Alongside this, there is a darker, more pessimistic voice that says:
- The conviction rate in corruption cases is low not by accident but because links in the chain are themselves compromised — from some enforcement staff, to parts of the investigative machinery, to stretches of the political class.
- When people say “corruption is in every drop of our blood,” it is less a compliment and more a frustrated admission of how deep the rot feels.
That cynicism does not cancel the joy of seeing one official caught. It does, however, explain why many treat such stings as exceptions that prove the rule, not proof that the system has truly turned a corner.
Does Public Shaming Help Or Hurt?
The image of a barefoot official being dragged through the tehsil while people cheer raises an uncomfortable question.
Arguments in favour:
- Visibility matters. Quiet arrests and sealed‑cover inquiries rarely send a message. A public, recorded sting tells other officials that they can be seen, recorded and exposed.
- There is genuine relief in seeing consequences. For citizens who have been bled by small bribes for years, watching one official face public shame feels like a tiny restoration of balance.
Arguments against:
- Even accused have rights. A fair process is still necessary. If humiliation becomes the point, it can slide into vengeance, not justice.
- It may distract from structural fixes. A dramatic video is easy to share; changing recruitment, monitoring and case‑handling systems is not. There’s a risk that we clap for the symbol and forget to demand deeper reforms.

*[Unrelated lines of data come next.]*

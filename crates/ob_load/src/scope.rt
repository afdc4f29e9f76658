//! What the names of a module are looked up in: the groups and models that there are, and the
//! full names that are taken. How a name is resolved is changed here.

ghost use Rattle.std.specs.Prelude.{◌≡◌, ◌<◌, IfOk, IfSome, is_some, length, map};
ghost use Rattle.toml.specs.View.{view};
ghost use Rattle.ob_load.specs.Access as spec;
ghost use Rattle.ob_module.specs.Forms as forms;

use ob_base::{NoMemory, RecId, RefList, Sequence, Word};
use ob_module::{Form, Wrong, str_at, unless, word_at};
use ob_schema::Schema;
use std::alloc::Global;
use toml::Value;

/// Where a module stands: the registry, its name, and the groups that it may name.
#[derive(Clone, Copy)]
pub(crate) struct Scope<'s> {
    pub(crate) alloc: Global,
    pub(crate) schema: &'s Schema,
    pub(crate) owner: &'s str,
    /// The full names of the groups of the modules before it, and of its own.
    pub(crate) groups: &'s [Word],
}

impl Scope<'_> {
    /// The full name of an entry.
    pub(crate) fn name_of(&self, entry: &Value) -> Result<Word, NoMemory>
        ensures { IfOk result (λ name. name ≡ spec.name_of self.now.owner.now (view entry.now)) }
    {
        full_name(self.alloc, self.owner, word_at(entry, "name"))
    }

    /// The ids of the groups of some names.
    pub(crate) fn group_ids(&self, names: &[Word]) -> Result<RefList, NoMemory>
        ensures { IfOk result (λ ids. ids ≡ spec.group_ids self.now.groups.now names.now) }
    {
        let mut ids = RefList::new(self.alloc);
        for (place, group) in self.groups.iter().enumerate() {
            if is_among(names, group.as_str()) {
                ids.push(RecId(place as u64 + 1))?;
            }
        }
        Ok(ids)
    }
}

/// The full name of what a module declares.
pub(crate) fn full_name(alloc: Global, owner: &str, name: &str) -> Result<Word, NoMemory>
    ensures { IfOk result (λ full. full ≡ spec.full_name owner.now name.now) }
{
    Ok(Word::new(format!(in alloc; "{owner}.{name}")?))
}

/// Whether a name is one of these.
pub(crate) fn is_among(names: &[Word], name: &str) -> bool
    ensures { result ≡ spec.is_among names.now name.now }
{
    names.iter().any(|own| own.as_str() == name)
}

/// The id of the group of a name, among the groups of these names.
pub(crate) fn group_id(groups: &[Word], name: &str) -> Option<RecId>
    ensures { result ≡ spec.group_id groups.now name.now }
{
    let place = groups.iter().position(|own| own.as_str() == name)?;
    Some(RecId(place as u64 + 1))
}

/// The name of one of these groups.
#[derive(Clone, Copy)]
pub(crate) struct GroupName<'n> {
    pub(crate) groups: &'n [Word],
}

impl Form for GroupName<'_> {
    ghost wrong = { λ n. forms.text_where (spec.is_group n.groups.now) };

    fn wrong(&self, alloc: Global, value: &Value) -> Result<Option<Wrong>, NoMemory> {
        let fits = match value {
            Value::String(name) => group_id(self.groups, name.as_str()).is_some(),
            _ => false,
        };
        Ok(unless(alloc, fits))
    }
}
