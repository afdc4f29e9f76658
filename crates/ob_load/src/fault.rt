//! Why modules are not loaded. What a fault is called where it is printed stands here; add
//! a variant of `ModuleFault` at its place in the order in which faults are told.

ghost use Rattle.std.specs.Prelude.{◌≡◌};
ghost use Rattle.ob_load.specs.FaultText as spec;
ghost use Rattle.ob_load.specs.declared.fault.LoadFault.TheVariants as load;

use ob_base::{NoMemory, Place, Word};
use ob_definition::SchemaFault;
use ob_domain::DomainFault;
use std::fmt;
use thiserror::Error;

/// Why modules are not loaded.
#[derive(Debug, Drop, Error)]
pub enum LoadFault {
    /// The files failed.
    #[error("the files could not be read")]
    File,
    /// Something stands against a module.
    #[error("{0}")]
    Module(FaultyModule),
    /// An allocation failed.
    #[error("no memory")]
    NoMemory,
}

impl From<NoMemory> for LoadFault {
    ghost from_gives = { λ _ fault. fault ≡ load.NoMemory };

    fn from(_error: NoMemory) -> LoadFault {
        LoadFault::NoMemory
    }
}

/// What stands against a module, and where: a path of keys and items of its text; `text`
/// where it is the text as a whole. Its text is the line `module NAME: KIND PLACE`.
#[derive(Debug, Drop)]
pub struct FaultyModule {
    pub name: Word,
    pub place: Place,
    pub fault: ModuleFault,
}

/// What stands against a module.
#[derive(Debug, Drop)]
pub enum ModuleFault {
    /// It would be the 65th that is read.
    Limit,
    /// There is no text of this name.
    Absent,
    /// The text is longer than a module's may be.
    TooLong,
    /// The text is no TOML.
    Toml,
    /// A key that may not be there or is missing, a value of another form, or a name that
    /// names nothing or that another has.
    Form,
    /// It depends on itself, directly or through others.
    Cycle,
    /// The first thing that stands against the models of all modules. Its entry counts
    /// over all models; the place has its number in the module.
    Schema(SchemaFault),
    /// The text of a rule's domain is none; the place is that of the rule.
    Domain(DomainFault),
}

/// A fault of models, as its variant is spelled.
fn schema_name(fault: &SchemaFault) -> &'static str
    ensures { result.now ≡ spec.schema_name fault.now }
{
    match fault {
        SchemaFault::Model(_) => "Model",
        SchemaFault::Field(_) => "Field",
        SchemaFault::Kind(_) => "Kind",
        SchemaFault::Twice(_) => "Twice",
        SchemaFault::Cycle(_) => "Cycle",
        SchemaFault::Recursion(_) => "Recursion",
        SchemaFault::Path(_) => "Path",
        SchemaFault::Inverse(_) => "Inverse",
        SchemaFault::Inherits(_) => "Inherits",
        SchemaFault::Limit(_) => "Limit",
        SchemaFault::Text(..) => "Text",
        SchemaFault::NoMemory => "NoMemory",
    }
}

/// A fault of a module, as its variant is spelled; of its models, as that fault is.
fn kind_text(fault: &ModuleFault) -> &'static str
    ensures { result.now ≡ spec.kind_text fault.now }
{
    match fault {
        ModuleFault::Limit => "Limit",
        ModuleFault::Absent => "Absent",
        ModuleFault::TooLong => "TooLong",
        ModuleFault::Toml => "Toml",
        ModuleFault::Form => "Form",
        ModuleFault::Cycle => "Cycle",
        ModuleFault::Schema(fault) => schema_name(fault),
        ModuleFault::Domain(_) => "Domain",
    }
}

impl fmt::Display for FaultyModule {
    ghost use Rattle.std.specs.Prelude.{Some};
    ghost use Rattle.ob_load.specs.FaultText.{fault_text};

    ghost output = { λ faulty. Some (fault_text faulty) };

    fn fmt<W: fmt::Write>(&self, f: &mut fmt::Formatter<W>) -> fmt::Result {
        write!(
            f,
            "module {}: {} {}",
            self.name,
            kind_text(&self.fault),
            self.place
        )
    }
}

The honest answer may be that a viral “walk of shame” is not a solution, but a symptom: a society so fed up with invisible corruption that it celebrates any visible pushback it can get.
Beyond One Amin: What Real Change Would Look Like
If this case is to mean more than a few days of satisfaction, it would need to be followed by moves that do not fit easily into a 30‑second reel:
- Transparent case tracking. So people can see whether the case against Tiwari ends in conviction, acquittal or quiet fade‑out.
- Pattern analysis. How many similar complaints exist about arms‑licence files, land records and tehsil work in that district? Is this one man, or one visible node in a much larger network?
- Protection and reward for complainants. Villagers who choose to file formal complaints instead of paying “fees” should not be punished with delays or harassment.
- Changes in incentives inside the department. Better pay alone is not enough, but systems where file movement is tracked, audited and visible, and where honest officers are backed rather than isolated, can reduce opportunities for petty rent‑seeking.
Until then, the chant “Anti‑corruption zindabad” will echo every time a small fish is caught — and fade again when people go back to the same counters, the same files, and the same quiet demands for cash.
Sources
Local reportage on the Shahabad tehsil sting operation against revenue staffer Prem Shankar Tiwari, including details of the ₹15,000 bribe trap laid by the Moradabad anti-corruption team and the complaint linked to an arms licence ‘no-dues’ report. Follow-up coverage of the public reaction at the tehsil complex, with slogans of “Anti-corruption zindabad”, as well as the family’s allegation of harsh treatment, and basic information on the case registration under corruption laws.